Parton distributions with higher twist and jet power corrections

TL;DR

The paper develops a global PDF determination that accounts for higher twist (HT) corrections in DIS and linear power corrections (PCs) in jet/dijet production using a theory covariance framework. HT and PC effects are modeled as multiplicative, linearly parameterized shifts with full correlation across related observables, and their uncertainties are propagated into PDFs via Monte Carlo replicas. The resulting NNPDF4.0HT sets show modest but non-negligible impacts, most notably in the gluon distribution at intermediate $x$ and in Higgs production via gluon fusion, with improvements in perturbative convergence and data description when HT/PCs are included. The work provides public PDFs with HT and PCs (LHAPDF sets) and highlights the necessity of accounting for such power corrections in high-precision LHC phenomenology and $\alpha_s$ extractions.

Abstract

We present a global determination of parton distribution functions (PDFs) that accounts for higher twist corrections in deep-inelastic scattering (DIS) and linear power corrections for single inclusive jet and dijet production data from the LHC. We determine these corrections and their associated correlated uncertainties using a methodology based on the theory covariance formalism, previously used to account for nuclear uncertainties and missing higher order uncertainties (MHOUs) in global PDF determinations. We then study the impact of the power corrections on the extracted PDFs, and demonstrate an improved description of the data due to a reduced sensitivity to DIS data in the low-$x$ region where higher twist uncertainties are relatively large, and a reduced sensitivity to single inclusive jet data at relatively low $p_T$, where linear power corrections can be significant. Finally, we assess the impact of power corrections on observables relevant to LHC phenomenology, including Higgs production via gluon fusion, and the determination of $α_s$. We find that these effects, while small, can be significant, improving perturbative convergence.

Figures (11)

• Figure 3.1: The three HT functions $H_2^p(x)$ (top), $H_2^d(x)$ (middle) and $H_{CC}(x)$ (lower). The prior uncertainty is shown in gray. The posterior distribution is then shown for HT determinations where the leading twist is computed at NNLO (blue), NNLO+MHOU (green) and aN$^3$LO+MHOU (red).
• Figure 3.2: The $x,Q^2$ plane of the DIS data points used in the fits: the NC data (left) and CC data (right).

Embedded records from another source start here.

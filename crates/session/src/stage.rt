// What a session is at: the settings, before the first B, a running controller, or its end.
ghost use Rattle.std.specs.Prelude.{◌≡◌};
ghost use Rattle.session.specs.Turn.{core_start, numbers_in, settled_in, running_with};

use controller::Controller;
use lines::settle::Settling;
use units::{Numbers, RoundLabel};

#[derive(Clone, Copy)]
pub enum Stage {
    Settling,
    Waiting,
    Running,
    Ended,
}

// The settings read so far, and the controller, which counts once it runs.
// A stage beside them, and no stage that holds a controller: `each_step`, `step_refused` and `runs` say `stage ≡ Running` of any core, and `.controller` of it.
#[derive(Clone, Copy)]
pub struct Core {
    pub(crate) stage: Stage,
    pub(crate) settling: Settling,
    pub(crate) controller: Controller,
}

impl Core {
    // Nothing is read.
    #[tactic(auto, unfolding(crate::specs::Turn::core_start))]
    pub fn start() -> Core
        ensures { result ≡ core_start }
    {
        let settling = Settling::start();
        Core {
            stage: Stage::Settling,
            settling,
            controller: Controller::begin(settling.numbers(), 0, RoundLabel(0)),
        }
    }

    // The numbers of the settings.
    pub(crate) fn numbers(self) -> Numbers
        ensures { result ≡ numbers_in self }
    {
        self.settling.numbers()
    }

    pub(crate) fn settled(self, stage: Stage, settling: Settling) -> Core
        ensures { result ≡ settled_in self stage settling }
    {
        Core {
            stage,
            settling,
            ..self
        }
    }

    pub(crate) fn running(self, controller: Controller) -> Core
        ensures { result ≡ running_with self controller }
    {
        Core {
            stage: Stage::Running,
            controller,
            ..self
        }
    }
}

The solid line indicates the position of the standard cut used in NNPDF4.0. The additional data points below this line are the data added when the cuts are lowered to determine the HT. The size of the points indicates the size of the the absolute value of the relative shift due to HT, determined in the NNLO fit. The colour code represents the ratio between the posterior uncertainty due to HT and the experimental uncertainty.
• Figure 3.3: Comparison of our NNLO $F_2$ higher twist to that determined in protons and deuteron by Virchaux and Milsztajn in a NLO PDF fit to SLAC and BCDMS data Virchaux:1991xp. They include TMCs, and use the same multiplicative parametrization of the HT, fitting proton and deuteron data separately, so the results are directly comparable to our own.
• Figure 3.4: Same as Fig. \ref{['fig:posterior_dis']}, but for single-inclusive jets (top), ATLAS dijet (lower left) and CMS dijet (lower right) observables.
• Figure 3.5: The $y,p_T$ plane of the single-inclusive jet data points (left) and the $y, m_{jj}$ plane of the dijet data points (right). For the dijet data, the ATLAS and CMS definitions of rapidity are both used on the same plot. As in Fig. \ref{['fig:kin_jet_nnlo']}, the size of the points indicates the size of the the absolute value of the relative shift due to the PCs, determined in the NNLO fit. The colour code represents the ratio between the posterior uncertainty due to PCs and the experimental uncertainty.